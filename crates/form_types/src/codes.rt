//! The frames of types as bytes.

ghost use Rattle.std.specs.Prelude.{◌≡◌, ◌<◌, ◌≤◌, ◌+◌, [], IfSome};
ghost use Rattle.std.specs.Option.{option_to_list};
ghost use Rattle.wasm_spec.specs.TypeData.{heap_of, reference_of, value_of, storage_of, value_edges};
ghost use Rattle.type_spec.specs.Same.{heap_byte};
ghost use Rattle.form_types.specs.Codes.{heap_code, reference_code, value_code, storage_code, flag};

use wasm_spec::{AbstractHeapType, HeapType, RefType, StorageType, UnpackedIndex, ValType};

/// The mark after a list of values or fields.
pub const END: u8 = 0x0B;

/// The byte of a heap type that names a declared type.
const CONCRETE: u8 = 0x60;

/// The byte of `i32`.
pub const I32: u8 = 0x7F;

/// What is added to a byte where the reference cannot be null.
const NOT_NULL: u8 = 128;

fn abstract_code(heap: AbstractHeapType) -> u8
    ensures code { result ≡ heap_byte heap }
    ensures below { result < 128 }
{
    match heap {
        AbstractHeapType::NoExn => 0x74,
        AbstractHeapType::NoFunc => 0x73,
        AbstractHeapType::NoExtern => 0x72,
        AbstractHeapType::None => 0x71,
        AbstractHeapType::Func => 0x70,
        AbstractHeapType::Extern => 0x6F,
        AbstractHeapType::Any => 0x6E,
        AbstractHeapType::Eq => 0x6D,
        AbstractHeapType::I31 => 0x6C,
        AbstractHeapType::Struct => 0x6B,
        AbstractHeapType::Array => 0x6A,
        AbstractHeapType::Exn => 0x69,
        AbstractHeapType::NoCont => 0x75,
        AbstractHeapType::Cont => 0x68,
    }
}

fn heap_code(heap: &HeapType) -> u8
    ensures code { result ≡ heap_code (heap_of heap.now) }
    ensures below { result < 128 }
{
    match heap {
        HeapType::Concrete(_) => CONCRETE,
        HeapType::Abstract(heap) => abstract_code(*heap),
    }
}

fn reference_code(ty: &RefType) -> u8
    ensures { result ≡ reference_code (reference_of ty.now) }
{
    let code = heap_code(&ty.heap);
    if ty.nullable { code } else { code + NOT_NULL }
}

/// The byte of a value type.
#[inline]
pub fn value_code(ty: &ValType) -> u8
    ensures { result ≡ value_code (value_of ty.now) }
{
    match ty {
        ValType::I32 => 0x7F,
        ValType::I64 => 0x7E,
        ValType::F32 => 0x7D,
        ValType::F64 => 0x7C,
        ValType::V128 => 0x7B,
        ValType::Ref(ty) => reference_code(ty),
    }
}

/// How far the byte of a value type that is no reference is below that of `i32`. It is the place of
/// the variant, so nothing is looked up for it.
#[inline(always)]
pub fn below_i32(ty: &ValType) -> Option<u8>
    ensures code { IfSome result (λ below. value_code (value_of ty.now) + below ≡ 0x7F) }
    ensures few { IfSome result (λ below. below ≤ 4) }
    ensures names { IfSome result (λ below. value_edges (λ i. i) (value_of ty.now) ≡ []) }
{
    match ty {
        ValType::I32 => Some(0),
        ValType::I64 => Some(1),
        ValType::F32 => Some(2),
        ValType::F64 => Some(3),
        ValType::V128 => Some(4),
        ValType::Ref(_) => None,
    }
}

/// What a value type names, if it names a type.
#[inline]
pub fn named_by(ty: &ValType) -> Option<UnpackedIndex>
    ensures { option_to_list result ≡ value_edges (λ i. i) (value_of ty.now) }
{
    match ty {
        ValType::Ref(
            RefType {
                heap: HeapType::Concrete(index),
                ..
            },
        ) => Some(*index),
        _ => None,
    }
}

/// The byte of a storage type.
pub fn storage_code(ty: &StorageType) -> u8
    ensures { result ≡ storage_code (storage_of ty.now) }
{
    match ty {
        StorageType::I8 => 0x78,
        StorageType::I16 => 0x77,
        StorageType::Val(ty) => value_code(ty),
    }
}

/// The byte of a flag.
pub fn flag(set: bool) -> u8
    ensures { result ≡ flag set }
{
    if set { 1 } else { 0 }
}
○ ○ ○
Directions:
In this exercise, give every record above again exactly.

Expected answer:
filename crates/form_types/src/codes.rt
//! The frames of types as bytes.

ghost use Rattle.std.specs.Prelude.{◌≡◌, ◌<◌, ◌≤◌, ◌+◌, [], IfSome};
ghost use Rattle.std.specs.Option.{option_to_list};
ghost use Rattle.wasm_spec.specs.TypeData.{heap_of, reference_of, value_of, storage_of, value_edges};
ghost use Rattle.type_spec.specs.Same.{heap_byte};
ghost use Rattle.form_types.specs.Codes.{heap_code, reference_code, value_code, storage_code, flag};

use wasm_spec::{AbstractHeapType, HeapType, RefType, StorageType, UnpackedIndex, ValType};

/// The mark after a list of values or fields.
pub const END: u8 = 0x0B;

/// The byte of a heap type that names a declared type.
const CONCRETE: u8 = 0x60;

/// The byte of `i32`.
pub const I32: u8 = 0x7F;

/// What is added to a byte where the reference cannot be null.
const NOT_NULL: u8 = 128;

fn abstract_code(heap: AbstractHeapType) -> u8
    ensures code { result ≡ heap_byte heap }
    ensures below { result < 128 }
{
    match heap {
        AbstractHeapType::NoExn => 0x74,
        AbstractHeapType::NoFunc => 0x73,
        AbstractHeapType::NoExtern => 0x72,
        AbstractHeapType::None => 0x71,
        AbstractHeapType::Func => 0x70,
        AbstractHeapType::Extern => 0x6F,
        AbstractHeapType::Any => 0x6E,
        AbstractHeapType::Eq => 0x6D,
        AbstractHeapType::I31 => 0x6C,
        AbstractHeapType::Struct => 0x6B,
        AbstractHeapType::Array => 0x6A,
        AbstractHeapType::Exn => 0x69,
        AbstractHeapType::NoCont => 0x75,
        AbstractHeapType::Cont => 0x68,
    }
}

fn heap_code(heap: &HeapType) -> u8
    ensures code { result ≡ heap_code (heap_of heap.now) }
    ensures below { result < 128 }
{
    match heap {
        HeapType::Concrete(_) => CONCRETE,
        HeapType::Abstract(heap) => abstract_code(*heap),
    }
}

fn reference_code(ty: &RefType) -> u8
    ensures { result ≡ reference_code (reference_of ty.now) }
{
    let code = heap_code(&ty.heap);
    if ty.nullable { code } else { code + NOT_NULL }
}

/// The byte of a value type.
#[inline]
pub fn value_code(ty: &ValType) -> u8
    ensures { result ≡ value_code (value_of ty.now) }
{
    match ty {
        ValType::I32 => 0x7F,
        ValType::I64 => 0x7E,
        ValType::F32 => 0x7D,
        ValType::F64 => 0x7C,
        ValType::V128 => 0x7B,
        ValType::Ref(ty) => reference_code(ty),
    }
}

/// How far the byte of a value type that is no reference is below that of `i32`. It is the place of
/// the variant, so nothing is looked up for it.
#[inline(always)]
pub fn below_i32(ty: &ValType) -> Option<u8>
    ensures code { IfSome result (λ below. value_code (value_of ty.now) + below ≡ 0x7F) }
    ensures few { IfSome result (λ below. below ≤ 4) }
    ensures names { IfSome result (λ below. value_edges (λ i. i) (value_of ty.now) ≡ []) }
{
    match ty {
        ValType::I32 => Some(0),
        ValType::I64 => Some(1),
        ValType::F32 => Some(2),
        ValType::F64 => Some(3),
        ValType::V128 => Some(4),
        ValType::Ref(_) => None,
    }
}

/// What a value type names, if it names a type.
#[inline]
pub fn named_by(ty: &ValType) -> Option<UnpackedIndex>
    ensures { option_to_list result ≡ value_edges (λ i. i) (value_of ty.now) }
{
    match ty {
        ValType::Ref(
            RefType {
                heap: HeapType::Concrete(index),
                ..
            },
        ) => Some(*index),
        _ => None,
    }
}

/// The byte of a storage type.
pub fn storage_code(ty: &StorageType) -> u8
    ensures { result ≡ storage_code (storage_of ty.now) }
{
    match ty {
        StorageType::I8 => 0x78,
        StorageType::I16 => 0x77,
        StorageType::Val(ty) => value_code(ty),
    }
}

/// The byte of a flag.
pub fn flag(set: bool) -> u8
    ensures { result ≡ flag set }
{
    if set { 1 } else { 0 }
}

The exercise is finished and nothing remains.